-- Opening Marker --

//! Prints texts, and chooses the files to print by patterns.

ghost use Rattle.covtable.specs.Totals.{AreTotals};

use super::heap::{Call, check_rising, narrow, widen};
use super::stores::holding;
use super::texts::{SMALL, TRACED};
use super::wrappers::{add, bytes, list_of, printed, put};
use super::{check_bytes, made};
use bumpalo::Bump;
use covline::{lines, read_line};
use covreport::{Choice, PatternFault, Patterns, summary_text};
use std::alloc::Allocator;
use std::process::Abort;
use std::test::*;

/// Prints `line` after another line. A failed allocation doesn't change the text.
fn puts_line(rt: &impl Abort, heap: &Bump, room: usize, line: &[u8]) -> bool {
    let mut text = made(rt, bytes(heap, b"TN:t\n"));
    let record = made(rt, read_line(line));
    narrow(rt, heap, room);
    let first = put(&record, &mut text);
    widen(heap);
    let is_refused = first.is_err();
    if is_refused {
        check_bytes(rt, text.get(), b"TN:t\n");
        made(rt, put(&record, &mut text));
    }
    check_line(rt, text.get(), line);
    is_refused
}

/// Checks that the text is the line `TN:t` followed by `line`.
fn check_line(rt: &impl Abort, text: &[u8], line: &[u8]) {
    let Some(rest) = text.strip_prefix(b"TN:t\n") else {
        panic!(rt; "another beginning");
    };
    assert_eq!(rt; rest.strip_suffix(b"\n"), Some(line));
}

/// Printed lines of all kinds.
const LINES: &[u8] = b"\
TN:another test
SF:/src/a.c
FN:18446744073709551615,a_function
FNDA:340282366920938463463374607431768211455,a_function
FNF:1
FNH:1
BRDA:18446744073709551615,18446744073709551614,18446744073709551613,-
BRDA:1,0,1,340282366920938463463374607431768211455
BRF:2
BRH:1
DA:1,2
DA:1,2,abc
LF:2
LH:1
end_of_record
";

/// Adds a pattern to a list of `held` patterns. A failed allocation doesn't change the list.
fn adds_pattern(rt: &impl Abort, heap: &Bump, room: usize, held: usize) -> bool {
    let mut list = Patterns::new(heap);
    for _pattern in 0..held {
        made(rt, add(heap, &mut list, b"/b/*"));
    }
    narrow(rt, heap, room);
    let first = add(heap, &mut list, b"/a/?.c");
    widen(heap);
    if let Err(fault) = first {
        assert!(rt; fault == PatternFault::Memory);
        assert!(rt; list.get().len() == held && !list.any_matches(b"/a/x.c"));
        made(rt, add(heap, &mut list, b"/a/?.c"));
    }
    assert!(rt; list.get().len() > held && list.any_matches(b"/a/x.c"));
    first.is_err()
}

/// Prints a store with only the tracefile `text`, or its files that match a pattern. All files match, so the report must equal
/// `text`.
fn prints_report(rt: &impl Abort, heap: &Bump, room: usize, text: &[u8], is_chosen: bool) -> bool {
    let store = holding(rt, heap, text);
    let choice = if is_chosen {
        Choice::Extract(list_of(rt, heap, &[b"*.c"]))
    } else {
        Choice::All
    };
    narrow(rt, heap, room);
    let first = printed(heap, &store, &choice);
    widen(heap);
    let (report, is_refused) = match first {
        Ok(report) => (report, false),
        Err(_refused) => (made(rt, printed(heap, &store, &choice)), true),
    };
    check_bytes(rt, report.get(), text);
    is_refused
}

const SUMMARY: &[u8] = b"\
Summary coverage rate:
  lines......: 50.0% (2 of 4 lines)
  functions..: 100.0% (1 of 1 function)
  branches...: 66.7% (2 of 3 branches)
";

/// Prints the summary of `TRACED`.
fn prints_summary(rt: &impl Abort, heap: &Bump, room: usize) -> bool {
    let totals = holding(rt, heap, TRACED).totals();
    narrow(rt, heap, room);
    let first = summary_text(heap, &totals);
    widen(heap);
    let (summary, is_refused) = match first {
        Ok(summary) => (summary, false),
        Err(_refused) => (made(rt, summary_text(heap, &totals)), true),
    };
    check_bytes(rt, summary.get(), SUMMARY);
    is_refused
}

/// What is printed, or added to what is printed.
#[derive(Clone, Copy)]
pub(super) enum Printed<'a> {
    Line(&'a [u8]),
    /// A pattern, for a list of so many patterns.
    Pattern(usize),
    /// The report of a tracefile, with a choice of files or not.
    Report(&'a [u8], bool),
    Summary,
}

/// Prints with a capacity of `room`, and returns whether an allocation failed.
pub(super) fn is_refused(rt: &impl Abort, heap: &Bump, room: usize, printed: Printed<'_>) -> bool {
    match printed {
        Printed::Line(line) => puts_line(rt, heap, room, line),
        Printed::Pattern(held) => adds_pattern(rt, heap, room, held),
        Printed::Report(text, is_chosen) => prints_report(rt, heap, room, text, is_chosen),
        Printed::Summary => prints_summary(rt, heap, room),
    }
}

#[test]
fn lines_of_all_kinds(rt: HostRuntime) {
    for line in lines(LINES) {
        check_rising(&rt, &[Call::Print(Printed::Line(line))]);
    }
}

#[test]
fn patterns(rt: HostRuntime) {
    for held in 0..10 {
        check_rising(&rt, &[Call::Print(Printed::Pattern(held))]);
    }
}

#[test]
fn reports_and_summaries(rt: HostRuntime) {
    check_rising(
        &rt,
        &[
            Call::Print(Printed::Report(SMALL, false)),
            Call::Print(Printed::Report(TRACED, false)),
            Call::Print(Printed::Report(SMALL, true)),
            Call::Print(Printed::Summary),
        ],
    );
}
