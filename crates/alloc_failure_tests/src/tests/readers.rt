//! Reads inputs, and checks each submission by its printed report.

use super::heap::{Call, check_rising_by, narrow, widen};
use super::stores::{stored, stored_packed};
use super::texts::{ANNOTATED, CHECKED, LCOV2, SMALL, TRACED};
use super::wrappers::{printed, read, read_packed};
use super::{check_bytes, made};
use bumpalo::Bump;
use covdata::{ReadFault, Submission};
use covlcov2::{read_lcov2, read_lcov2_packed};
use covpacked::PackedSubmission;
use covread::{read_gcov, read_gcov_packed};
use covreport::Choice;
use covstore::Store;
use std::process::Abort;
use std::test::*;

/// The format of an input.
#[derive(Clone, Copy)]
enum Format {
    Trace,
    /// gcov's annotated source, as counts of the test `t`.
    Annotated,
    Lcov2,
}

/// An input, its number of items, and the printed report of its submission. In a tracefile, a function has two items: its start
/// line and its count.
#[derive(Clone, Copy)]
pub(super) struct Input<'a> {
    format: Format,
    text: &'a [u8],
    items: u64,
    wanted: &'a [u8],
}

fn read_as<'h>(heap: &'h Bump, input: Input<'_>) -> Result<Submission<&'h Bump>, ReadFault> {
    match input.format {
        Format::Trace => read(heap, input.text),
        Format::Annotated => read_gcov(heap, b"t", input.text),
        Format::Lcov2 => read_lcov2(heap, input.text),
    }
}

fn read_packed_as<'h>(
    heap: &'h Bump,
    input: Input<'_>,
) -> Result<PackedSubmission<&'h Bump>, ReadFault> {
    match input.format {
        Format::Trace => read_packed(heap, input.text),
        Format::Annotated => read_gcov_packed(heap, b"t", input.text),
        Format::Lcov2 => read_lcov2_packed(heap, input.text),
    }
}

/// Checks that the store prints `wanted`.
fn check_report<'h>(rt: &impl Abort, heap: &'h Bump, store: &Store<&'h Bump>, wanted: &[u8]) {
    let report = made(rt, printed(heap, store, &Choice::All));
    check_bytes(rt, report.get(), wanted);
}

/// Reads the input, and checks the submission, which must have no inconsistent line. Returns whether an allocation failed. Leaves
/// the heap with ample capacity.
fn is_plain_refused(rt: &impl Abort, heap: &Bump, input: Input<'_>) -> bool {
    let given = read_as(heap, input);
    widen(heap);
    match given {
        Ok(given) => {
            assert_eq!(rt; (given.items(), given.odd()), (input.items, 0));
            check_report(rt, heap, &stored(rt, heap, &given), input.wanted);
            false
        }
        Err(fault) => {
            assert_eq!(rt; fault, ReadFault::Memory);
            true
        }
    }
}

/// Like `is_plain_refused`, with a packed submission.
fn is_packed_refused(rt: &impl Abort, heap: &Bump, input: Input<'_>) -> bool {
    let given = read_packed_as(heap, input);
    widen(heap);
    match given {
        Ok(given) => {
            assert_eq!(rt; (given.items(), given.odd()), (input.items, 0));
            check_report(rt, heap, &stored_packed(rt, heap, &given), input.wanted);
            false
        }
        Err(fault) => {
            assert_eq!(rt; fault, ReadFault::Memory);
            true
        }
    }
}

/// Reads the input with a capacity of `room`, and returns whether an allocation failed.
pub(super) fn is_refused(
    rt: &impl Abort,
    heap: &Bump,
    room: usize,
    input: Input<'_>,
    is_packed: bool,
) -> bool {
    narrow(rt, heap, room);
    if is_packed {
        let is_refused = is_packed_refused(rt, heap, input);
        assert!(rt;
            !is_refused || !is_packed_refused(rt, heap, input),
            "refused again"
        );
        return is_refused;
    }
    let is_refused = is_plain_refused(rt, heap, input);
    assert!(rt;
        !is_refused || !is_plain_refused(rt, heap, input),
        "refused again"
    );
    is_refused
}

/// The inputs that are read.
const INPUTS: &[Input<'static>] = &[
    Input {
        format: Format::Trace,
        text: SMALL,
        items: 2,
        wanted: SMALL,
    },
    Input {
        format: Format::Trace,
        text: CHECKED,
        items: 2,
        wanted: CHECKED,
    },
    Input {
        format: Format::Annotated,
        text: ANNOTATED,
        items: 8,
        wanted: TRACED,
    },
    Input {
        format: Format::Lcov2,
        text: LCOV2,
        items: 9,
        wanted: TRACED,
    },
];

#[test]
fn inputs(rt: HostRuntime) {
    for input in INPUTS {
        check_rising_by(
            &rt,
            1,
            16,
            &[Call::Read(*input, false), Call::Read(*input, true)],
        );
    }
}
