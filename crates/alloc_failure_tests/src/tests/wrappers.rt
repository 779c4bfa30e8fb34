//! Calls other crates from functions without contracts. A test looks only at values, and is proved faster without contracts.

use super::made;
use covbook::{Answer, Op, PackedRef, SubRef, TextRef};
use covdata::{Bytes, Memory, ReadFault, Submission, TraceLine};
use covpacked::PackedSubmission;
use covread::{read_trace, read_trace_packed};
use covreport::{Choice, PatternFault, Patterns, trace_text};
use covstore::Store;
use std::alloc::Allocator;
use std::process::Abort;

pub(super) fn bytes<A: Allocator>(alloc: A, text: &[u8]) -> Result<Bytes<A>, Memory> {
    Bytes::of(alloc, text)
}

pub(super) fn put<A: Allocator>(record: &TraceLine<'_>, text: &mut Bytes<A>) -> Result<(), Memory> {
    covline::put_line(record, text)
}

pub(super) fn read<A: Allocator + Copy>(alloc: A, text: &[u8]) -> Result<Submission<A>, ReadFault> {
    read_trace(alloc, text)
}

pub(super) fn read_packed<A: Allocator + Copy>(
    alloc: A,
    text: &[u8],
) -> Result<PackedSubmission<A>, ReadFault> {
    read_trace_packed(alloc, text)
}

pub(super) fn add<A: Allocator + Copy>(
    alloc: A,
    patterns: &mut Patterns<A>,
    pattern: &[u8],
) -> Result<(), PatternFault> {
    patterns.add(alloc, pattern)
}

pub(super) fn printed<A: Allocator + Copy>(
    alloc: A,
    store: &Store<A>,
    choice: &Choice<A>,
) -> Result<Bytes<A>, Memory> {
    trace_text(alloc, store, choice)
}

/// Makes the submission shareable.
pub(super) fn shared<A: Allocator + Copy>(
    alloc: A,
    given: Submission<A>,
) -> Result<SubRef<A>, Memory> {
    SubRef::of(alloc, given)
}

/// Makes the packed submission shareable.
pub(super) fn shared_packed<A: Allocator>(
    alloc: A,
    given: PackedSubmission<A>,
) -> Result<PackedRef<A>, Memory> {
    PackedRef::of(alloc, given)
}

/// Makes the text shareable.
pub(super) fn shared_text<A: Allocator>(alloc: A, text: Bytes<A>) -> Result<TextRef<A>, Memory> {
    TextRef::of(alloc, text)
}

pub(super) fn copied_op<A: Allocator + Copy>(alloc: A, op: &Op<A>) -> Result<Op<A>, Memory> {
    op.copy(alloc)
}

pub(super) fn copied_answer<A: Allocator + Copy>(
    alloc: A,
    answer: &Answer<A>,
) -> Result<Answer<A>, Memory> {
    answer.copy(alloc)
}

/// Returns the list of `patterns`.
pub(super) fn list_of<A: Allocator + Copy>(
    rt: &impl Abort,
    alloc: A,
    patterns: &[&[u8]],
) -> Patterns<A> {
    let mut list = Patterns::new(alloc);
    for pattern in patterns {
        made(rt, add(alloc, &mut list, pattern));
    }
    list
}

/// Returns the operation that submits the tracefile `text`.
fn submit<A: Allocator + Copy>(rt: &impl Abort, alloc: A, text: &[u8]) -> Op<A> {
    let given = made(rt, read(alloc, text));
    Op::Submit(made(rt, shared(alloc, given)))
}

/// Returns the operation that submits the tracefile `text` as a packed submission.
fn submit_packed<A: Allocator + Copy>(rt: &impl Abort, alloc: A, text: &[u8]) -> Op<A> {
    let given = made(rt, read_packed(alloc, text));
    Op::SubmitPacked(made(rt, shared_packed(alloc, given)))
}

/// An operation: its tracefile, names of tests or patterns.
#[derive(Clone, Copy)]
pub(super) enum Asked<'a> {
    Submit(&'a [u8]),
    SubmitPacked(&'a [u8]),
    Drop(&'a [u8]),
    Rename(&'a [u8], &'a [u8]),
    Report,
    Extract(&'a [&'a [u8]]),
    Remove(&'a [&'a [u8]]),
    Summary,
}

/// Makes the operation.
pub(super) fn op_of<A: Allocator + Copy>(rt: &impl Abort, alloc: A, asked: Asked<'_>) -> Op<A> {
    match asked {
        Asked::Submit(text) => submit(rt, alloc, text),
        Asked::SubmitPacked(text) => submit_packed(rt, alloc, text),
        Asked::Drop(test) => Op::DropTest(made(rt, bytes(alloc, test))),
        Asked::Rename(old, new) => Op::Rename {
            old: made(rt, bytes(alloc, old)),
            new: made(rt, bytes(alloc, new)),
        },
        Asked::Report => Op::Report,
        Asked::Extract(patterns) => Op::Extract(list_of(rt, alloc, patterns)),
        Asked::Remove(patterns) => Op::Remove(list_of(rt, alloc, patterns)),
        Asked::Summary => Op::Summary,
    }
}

-- Closing Marker --

What you are asked to do. Looking at the records above, say how many lines hold the string "whether". Write nothing but the number.

Response to this task. 3